Segment Open
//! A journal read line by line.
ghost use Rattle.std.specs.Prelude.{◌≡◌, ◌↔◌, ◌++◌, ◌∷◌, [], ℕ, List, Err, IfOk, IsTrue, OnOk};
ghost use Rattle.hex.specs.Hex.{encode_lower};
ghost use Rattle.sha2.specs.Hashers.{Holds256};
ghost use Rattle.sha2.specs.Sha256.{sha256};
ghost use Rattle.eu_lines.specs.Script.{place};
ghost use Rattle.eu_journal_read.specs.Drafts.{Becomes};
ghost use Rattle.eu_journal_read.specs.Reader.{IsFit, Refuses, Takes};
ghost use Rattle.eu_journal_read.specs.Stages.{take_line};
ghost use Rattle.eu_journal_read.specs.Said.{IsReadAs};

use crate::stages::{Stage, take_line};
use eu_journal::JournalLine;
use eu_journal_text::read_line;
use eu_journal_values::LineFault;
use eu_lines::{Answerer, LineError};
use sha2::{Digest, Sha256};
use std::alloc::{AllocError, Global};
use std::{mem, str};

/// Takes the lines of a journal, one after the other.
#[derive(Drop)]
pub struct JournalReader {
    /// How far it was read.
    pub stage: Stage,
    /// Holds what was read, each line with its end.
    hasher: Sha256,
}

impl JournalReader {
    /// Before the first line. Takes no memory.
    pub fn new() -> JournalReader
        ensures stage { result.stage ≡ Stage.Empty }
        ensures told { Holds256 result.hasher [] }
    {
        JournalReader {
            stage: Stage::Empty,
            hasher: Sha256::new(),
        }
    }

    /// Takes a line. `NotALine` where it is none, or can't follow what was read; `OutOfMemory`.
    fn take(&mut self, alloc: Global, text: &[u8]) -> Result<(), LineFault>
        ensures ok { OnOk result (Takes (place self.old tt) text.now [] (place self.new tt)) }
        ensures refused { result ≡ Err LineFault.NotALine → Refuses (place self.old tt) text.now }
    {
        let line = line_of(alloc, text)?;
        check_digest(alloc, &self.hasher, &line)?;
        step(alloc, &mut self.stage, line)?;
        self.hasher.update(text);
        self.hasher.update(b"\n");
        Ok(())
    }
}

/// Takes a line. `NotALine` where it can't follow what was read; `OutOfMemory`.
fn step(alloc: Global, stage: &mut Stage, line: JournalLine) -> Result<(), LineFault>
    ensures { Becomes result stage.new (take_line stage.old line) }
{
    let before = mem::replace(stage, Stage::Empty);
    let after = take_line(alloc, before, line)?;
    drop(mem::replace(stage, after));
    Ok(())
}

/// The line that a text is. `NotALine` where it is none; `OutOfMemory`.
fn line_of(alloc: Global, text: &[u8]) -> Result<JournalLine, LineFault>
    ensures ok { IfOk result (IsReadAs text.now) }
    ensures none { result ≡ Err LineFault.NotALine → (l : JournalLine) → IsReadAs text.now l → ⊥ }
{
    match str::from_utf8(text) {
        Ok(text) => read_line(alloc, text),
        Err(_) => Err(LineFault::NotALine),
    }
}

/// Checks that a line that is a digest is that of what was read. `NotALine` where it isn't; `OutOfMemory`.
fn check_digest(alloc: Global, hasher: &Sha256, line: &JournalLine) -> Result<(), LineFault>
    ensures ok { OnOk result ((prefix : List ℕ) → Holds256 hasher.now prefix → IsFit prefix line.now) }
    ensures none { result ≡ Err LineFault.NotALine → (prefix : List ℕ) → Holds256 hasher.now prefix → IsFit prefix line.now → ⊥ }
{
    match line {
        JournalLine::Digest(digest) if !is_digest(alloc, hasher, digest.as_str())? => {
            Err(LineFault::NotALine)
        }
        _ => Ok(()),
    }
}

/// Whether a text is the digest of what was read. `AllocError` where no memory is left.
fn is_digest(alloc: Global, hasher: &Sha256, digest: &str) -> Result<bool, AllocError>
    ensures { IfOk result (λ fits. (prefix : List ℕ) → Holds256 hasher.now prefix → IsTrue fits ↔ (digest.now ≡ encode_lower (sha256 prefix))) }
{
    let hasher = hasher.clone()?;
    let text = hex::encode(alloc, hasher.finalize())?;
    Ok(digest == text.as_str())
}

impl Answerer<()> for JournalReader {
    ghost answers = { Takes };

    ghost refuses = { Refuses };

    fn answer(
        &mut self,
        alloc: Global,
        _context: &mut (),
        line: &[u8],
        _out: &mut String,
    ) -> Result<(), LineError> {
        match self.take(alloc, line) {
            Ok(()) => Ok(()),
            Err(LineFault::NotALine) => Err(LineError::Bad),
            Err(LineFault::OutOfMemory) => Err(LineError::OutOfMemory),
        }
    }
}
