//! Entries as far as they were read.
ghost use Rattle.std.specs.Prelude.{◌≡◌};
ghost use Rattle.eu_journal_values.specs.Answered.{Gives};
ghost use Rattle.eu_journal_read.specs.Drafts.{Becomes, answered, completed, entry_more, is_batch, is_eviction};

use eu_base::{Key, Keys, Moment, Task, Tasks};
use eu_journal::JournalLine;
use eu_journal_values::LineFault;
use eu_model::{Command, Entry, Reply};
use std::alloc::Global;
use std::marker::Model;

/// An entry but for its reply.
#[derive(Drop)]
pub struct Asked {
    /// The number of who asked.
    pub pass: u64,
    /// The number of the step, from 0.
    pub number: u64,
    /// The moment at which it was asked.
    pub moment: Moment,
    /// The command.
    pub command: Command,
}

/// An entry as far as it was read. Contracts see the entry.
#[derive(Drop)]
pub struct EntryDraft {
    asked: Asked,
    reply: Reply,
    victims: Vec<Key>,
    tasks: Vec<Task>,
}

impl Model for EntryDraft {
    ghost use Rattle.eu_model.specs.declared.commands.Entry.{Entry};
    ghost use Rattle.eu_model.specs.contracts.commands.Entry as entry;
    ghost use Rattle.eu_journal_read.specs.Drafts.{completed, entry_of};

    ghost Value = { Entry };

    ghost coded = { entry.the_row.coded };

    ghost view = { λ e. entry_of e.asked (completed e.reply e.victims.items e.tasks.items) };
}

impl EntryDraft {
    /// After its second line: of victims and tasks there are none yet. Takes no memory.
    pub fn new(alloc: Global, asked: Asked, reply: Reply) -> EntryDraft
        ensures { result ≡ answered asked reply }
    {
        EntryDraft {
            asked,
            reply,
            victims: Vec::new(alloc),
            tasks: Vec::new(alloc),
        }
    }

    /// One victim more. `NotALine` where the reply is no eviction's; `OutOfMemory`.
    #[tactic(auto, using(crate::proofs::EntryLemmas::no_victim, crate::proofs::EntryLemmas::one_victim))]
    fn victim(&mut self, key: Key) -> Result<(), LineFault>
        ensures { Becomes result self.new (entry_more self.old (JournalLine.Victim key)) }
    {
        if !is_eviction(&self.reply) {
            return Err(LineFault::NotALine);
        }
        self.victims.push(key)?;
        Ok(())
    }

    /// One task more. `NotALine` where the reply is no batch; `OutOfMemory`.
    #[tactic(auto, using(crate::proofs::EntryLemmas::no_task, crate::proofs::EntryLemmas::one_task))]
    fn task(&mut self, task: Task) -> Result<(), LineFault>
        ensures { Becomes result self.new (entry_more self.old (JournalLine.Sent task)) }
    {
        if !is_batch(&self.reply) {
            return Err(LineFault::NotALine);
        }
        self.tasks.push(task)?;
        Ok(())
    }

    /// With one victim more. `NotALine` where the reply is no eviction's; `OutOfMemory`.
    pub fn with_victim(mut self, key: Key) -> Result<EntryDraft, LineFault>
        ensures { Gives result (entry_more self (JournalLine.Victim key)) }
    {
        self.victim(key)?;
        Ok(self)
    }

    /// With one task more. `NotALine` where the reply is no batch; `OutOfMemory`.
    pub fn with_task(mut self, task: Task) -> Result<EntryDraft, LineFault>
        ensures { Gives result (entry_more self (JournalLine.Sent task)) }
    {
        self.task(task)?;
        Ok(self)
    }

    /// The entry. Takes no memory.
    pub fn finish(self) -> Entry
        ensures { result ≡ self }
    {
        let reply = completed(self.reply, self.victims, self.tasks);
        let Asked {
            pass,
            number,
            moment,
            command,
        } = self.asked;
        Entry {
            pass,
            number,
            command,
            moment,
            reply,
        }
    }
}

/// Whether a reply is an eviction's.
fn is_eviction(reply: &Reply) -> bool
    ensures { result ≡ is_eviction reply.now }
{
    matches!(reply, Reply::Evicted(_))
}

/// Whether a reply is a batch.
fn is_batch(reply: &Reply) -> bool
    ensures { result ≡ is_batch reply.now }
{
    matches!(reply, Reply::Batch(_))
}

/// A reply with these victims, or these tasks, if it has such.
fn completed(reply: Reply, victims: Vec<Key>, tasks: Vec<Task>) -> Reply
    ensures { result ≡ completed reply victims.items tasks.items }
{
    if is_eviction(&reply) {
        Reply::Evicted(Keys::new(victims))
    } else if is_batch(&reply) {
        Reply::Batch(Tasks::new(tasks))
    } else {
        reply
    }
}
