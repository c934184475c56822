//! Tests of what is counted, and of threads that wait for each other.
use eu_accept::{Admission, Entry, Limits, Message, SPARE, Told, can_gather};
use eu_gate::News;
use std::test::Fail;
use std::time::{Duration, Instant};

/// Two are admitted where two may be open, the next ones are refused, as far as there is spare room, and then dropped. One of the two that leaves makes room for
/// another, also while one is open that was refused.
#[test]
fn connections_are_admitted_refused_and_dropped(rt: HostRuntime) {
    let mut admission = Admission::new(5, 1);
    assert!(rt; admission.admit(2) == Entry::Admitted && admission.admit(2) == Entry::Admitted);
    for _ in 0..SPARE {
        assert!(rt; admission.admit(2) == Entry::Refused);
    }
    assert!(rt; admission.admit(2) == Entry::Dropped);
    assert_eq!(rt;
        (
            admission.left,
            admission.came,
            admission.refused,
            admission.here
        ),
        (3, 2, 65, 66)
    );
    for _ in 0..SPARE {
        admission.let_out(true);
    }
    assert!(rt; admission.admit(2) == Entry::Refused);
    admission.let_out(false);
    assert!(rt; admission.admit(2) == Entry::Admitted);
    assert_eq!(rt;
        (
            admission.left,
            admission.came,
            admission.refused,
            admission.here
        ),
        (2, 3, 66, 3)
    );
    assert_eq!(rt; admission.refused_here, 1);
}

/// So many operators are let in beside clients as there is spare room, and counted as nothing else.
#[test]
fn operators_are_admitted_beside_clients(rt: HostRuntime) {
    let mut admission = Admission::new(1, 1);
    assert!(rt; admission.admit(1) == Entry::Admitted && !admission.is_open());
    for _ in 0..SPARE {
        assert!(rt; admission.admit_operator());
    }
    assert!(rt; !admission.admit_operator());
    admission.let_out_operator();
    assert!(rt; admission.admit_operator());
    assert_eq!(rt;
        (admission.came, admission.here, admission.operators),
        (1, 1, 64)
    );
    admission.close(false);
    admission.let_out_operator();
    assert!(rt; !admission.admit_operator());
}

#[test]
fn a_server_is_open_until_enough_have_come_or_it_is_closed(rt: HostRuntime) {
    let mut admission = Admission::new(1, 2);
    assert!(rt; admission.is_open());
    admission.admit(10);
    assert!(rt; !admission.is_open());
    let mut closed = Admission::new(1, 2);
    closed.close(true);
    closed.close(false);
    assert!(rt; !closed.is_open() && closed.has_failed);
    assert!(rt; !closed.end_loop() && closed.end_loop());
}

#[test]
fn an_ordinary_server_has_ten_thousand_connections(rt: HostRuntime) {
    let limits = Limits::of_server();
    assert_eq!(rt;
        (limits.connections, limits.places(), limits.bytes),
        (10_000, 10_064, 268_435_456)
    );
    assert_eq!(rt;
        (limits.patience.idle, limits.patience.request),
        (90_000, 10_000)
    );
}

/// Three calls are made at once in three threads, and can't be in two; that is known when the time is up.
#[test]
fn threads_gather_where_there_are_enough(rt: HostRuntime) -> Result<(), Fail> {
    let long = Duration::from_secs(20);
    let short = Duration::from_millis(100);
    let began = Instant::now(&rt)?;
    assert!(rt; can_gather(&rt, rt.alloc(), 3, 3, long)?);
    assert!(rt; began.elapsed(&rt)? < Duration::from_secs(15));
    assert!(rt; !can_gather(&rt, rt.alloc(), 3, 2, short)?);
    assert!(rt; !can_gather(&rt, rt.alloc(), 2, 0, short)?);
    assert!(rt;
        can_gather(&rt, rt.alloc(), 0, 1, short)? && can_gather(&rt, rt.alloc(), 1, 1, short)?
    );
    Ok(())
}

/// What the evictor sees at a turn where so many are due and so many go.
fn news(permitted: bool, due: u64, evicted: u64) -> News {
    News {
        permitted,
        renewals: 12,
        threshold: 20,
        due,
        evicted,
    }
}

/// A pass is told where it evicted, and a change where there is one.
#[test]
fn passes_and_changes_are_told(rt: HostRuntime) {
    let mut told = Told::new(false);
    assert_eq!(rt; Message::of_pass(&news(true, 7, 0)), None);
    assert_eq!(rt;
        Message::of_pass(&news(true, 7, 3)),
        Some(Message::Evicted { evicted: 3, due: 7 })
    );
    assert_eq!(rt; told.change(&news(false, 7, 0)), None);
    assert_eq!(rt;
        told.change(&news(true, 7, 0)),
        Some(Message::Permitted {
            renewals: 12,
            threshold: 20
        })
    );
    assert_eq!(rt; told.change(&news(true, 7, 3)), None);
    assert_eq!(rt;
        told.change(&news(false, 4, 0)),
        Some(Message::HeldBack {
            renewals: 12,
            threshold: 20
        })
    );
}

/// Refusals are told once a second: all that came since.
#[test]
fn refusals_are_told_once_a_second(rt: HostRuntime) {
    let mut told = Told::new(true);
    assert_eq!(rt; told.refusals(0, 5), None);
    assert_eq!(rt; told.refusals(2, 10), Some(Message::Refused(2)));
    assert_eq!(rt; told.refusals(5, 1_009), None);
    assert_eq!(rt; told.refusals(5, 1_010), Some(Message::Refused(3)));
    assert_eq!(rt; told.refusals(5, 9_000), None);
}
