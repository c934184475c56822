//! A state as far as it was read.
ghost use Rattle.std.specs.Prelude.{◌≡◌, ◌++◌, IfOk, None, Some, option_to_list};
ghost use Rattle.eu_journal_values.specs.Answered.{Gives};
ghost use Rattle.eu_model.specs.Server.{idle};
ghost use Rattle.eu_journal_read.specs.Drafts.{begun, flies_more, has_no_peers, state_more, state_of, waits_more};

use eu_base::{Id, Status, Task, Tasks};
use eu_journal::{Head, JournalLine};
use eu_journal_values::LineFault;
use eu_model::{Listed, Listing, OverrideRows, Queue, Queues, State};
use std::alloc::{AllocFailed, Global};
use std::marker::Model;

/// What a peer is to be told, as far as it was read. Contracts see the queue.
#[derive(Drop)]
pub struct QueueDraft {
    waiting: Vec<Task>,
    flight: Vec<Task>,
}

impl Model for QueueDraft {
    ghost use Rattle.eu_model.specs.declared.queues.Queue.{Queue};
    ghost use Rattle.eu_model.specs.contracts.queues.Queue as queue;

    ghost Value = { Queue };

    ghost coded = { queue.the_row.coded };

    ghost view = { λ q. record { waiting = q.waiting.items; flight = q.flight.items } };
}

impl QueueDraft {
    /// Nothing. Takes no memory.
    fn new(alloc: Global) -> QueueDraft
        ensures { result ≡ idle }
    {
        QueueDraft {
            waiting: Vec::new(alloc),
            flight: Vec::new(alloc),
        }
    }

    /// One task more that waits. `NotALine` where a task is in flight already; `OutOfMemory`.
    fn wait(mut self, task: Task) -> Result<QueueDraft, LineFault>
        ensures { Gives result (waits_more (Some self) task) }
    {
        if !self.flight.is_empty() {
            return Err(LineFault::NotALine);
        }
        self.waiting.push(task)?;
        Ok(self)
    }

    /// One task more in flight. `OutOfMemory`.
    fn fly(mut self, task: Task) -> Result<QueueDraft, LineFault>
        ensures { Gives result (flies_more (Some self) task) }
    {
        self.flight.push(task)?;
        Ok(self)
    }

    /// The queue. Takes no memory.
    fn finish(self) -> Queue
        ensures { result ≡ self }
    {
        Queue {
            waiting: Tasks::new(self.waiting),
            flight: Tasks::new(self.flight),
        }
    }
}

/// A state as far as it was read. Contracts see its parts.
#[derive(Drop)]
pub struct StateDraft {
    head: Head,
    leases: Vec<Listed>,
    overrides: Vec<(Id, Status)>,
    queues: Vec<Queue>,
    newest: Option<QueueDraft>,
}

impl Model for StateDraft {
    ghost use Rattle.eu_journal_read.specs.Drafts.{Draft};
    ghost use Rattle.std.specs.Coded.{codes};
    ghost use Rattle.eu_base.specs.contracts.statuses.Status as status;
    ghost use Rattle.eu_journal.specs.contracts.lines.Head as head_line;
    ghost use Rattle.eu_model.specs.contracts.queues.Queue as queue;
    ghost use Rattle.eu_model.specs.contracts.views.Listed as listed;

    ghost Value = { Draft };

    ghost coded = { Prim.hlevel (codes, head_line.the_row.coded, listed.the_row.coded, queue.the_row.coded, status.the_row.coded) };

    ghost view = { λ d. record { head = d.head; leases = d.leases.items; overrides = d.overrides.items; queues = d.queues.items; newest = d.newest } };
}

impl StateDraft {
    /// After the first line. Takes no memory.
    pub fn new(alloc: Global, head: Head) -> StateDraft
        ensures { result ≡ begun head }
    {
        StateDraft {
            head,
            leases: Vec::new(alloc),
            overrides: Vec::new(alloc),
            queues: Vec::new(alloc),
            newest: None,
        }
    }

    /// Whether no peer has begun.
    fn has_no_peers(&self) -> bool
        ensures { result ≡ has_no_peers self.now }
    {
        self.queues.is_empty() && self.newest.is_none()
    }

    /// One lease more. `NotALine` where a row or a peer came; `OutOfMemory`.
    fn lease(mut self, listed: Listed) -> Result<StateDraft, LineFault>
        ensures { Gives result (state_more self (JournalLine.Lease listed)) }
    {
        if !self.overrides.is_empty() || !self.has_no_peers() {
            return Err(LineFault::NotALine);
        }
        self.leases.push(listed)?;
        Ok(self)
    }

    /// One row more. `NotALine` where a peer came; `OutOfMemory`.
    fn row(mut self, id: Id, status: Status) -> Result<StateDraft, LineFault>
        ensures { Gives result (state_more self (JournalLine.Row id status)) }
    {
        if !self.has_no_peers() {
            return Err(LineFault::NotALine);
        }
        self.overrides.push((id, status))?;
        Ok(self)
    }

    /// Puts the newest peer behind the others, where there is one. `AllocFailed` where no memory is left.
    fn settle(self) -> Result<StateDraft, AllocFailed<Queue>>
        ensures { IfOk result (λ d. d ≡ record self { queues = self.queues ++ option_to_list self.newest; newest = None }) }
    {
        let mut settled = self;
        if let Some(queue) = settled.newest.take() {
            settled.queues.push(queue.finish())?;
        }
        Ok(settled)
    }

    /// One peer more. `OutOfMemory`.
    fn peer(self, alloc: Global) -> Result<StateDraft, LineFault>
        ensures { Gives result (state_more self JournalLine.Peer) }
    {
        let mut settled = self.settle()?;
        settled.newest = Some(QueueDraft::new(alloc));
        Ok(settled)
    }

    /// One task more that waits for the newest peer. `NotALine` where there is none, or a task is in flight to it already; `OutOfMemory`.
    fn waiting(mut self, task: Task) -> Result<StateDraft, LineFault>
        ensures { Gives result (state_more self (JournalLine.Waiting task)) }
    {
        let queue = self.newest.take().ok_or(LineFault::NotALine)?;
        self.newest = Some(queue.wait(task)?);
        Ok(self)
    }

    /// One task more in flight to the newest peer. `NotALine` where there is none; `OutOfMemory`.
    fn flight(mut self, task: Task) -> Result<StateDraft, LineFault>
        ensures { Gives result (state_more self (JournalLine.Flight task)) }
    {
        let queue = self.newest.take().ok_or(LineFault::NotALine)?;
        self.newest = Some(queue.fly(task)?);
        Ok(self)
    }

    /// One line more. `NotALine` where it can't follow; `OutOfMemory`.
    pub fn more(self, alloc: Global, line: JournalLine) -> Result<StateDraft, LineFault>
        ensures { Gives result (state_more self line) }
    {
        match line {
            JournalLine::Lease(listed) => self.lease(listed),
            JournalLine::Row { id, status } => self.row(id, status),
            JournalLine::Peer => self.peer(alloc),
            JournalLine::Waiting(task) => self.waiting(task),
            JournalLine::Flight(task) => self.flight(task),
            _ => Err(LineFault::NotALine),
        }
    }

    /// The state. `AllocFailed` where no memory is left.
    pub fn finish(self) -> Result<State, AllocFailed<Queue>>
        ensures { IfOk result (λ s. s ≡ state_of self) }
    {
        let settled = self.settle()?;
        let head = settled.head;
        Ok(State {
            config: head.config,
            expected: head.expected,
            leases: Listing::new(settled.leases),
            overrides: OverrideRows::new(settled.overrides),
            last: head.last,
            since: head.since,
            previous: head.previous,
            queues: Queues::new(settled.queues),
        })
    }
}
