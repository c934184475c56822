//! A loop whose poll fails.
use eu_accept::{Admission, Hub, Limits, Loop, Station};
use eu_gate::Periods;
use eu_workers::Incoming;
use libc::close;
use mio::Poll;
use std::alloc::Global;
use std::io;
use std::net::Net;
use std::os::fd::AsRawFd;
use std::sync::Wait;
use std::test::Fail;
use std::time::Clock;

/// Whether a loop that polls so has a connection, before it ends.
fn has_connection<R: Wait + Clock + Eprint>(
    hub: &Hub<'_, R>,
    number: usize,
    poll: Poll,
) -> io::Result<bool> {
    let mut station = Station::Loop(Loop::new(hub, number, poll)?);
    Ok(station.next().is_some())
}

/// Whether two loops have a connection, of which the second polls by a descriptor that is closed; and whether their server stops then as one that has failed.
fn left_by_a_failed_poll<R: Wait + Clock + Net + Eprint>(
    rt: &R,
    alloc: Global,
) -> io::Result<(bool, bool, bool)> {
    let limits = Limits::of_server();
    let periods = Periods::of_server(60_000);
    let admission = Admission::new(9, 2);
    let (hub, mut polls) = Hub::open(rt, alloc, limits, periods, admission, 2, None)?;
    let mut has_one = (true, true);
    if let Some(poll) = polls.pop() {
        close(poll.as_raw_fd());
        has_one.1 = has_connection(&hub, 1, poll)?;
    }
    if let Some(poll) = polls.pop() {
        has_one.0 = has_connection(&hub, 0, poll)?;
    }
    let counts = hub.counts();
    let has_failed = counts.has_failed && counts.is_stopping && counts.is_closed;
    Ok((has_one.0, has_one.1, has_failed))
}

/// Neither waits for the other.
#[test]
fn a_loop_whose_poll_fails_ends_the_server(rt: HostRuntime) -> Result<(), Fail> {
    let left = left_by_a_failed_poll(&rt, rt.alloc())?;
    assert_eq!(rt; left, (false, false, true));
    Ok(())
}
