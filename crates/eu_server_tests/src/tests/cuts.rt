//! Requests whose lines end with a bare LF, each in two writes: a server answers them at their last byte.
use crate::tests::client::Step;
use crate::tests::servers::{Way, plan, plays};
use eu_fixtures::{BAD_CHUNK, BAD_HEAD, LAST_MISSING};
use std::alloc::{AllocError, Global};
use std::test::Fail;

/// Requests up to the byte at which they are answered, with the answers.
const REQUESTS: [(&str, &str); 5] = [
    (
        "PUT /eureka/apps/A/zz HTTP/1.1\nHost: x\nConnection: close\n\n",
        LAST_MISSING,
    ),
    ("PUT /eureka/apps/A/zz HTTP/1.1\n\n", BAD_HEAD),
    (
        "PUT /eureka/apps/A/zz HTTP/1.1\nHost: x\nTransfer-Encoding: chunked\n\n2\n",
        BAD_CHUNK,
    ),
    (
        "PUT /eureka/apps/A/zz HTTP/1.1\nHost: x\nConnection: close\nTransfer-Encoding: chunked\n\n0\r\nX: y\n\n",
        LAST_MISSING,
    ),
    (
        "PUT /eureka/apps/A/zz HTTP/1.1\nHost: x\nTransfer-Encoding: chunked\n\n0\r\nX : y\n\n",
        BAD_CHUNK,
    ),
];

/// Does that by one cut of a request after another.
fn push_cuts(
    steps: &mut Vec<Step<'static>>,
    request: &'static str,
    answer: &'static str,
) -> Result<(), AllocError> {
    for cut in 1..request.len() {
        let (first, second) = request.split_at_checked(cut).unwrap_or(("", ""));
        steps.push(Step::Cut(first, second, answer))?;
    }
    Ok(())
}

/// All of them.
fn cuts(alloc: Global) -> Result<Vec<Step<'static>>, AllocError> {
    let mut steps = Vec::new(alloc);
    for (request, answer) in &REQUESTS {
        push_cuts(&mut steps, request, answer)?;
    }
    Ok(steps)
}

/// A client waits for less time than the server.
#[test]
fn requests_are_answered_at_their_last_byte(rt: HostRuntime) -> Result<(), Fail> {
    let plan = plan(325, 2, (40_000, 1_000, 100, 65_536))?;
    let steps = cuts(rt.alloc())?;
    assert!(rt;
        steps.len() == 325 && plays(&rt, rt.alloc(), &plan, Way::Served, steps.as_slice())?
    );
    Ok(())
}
Segment Closed
ASSIGNMENT
Within the data above, the span starting at the line containing "Becomes result stage.new" and ending at the line containing "Whether a text" is to be retyped exactly, with no other lines.

EXERCISE RESPONSE
    ensures { Becomes result stage.new (take_line stage.old line) }
{
    let before = mem::replace(stage, Stage::Empty);
    let after = take_line(alloc, before, line)?;
    drop(mem::replace(stage, after));
    Ok(())
}

/// The line that a text is. `NotALine` where it is none; `OutOfMemory`.
fn line_of(alloc: Global, text: &[u8]) -> Result<JournalLine, LineFault>
    ensures ok { IfOk result (IsReadAs text.now) }
    ensures none { result ≡ Err LineFault.NotALine → (l : JournalLine) → IsReadAs text.now l → ⊥ }
{
    match str::from_utf8(text) {
        Ok(text) => read_line(alloc, text),
        Err(_) => Err(LineFault::NotALine),
    }
}

/// Checks that a line that is a digest is that of what was read. `NotALine` where it isn't; `OutOfMemory`.
fn check_digest(alloc: Global, hasher: &Sha256, line: &JournalLine) -> Result<(), LineFault>
    ensures ok { OnOk result ((prefix : List ℕ) → Holds256 hasher.now prefix → IsFit prefix line.now) }
    ensures none { result ≡ Err LineFault.NotALine → (prefix : List ℕ) → Holds256 hasher.now prefix → IsFit prefix line.now → ⊥ }
{
    match line {
        JournalLine::Digest(digest) if !is_digest(alloc, hasher, digest.as_str())? => {
            Err(LineFault::NotALine)
        }
        _ => Ok(()),
    }
}

/// Whether a text is the digest of what was read. `AllocError` where no memory is left.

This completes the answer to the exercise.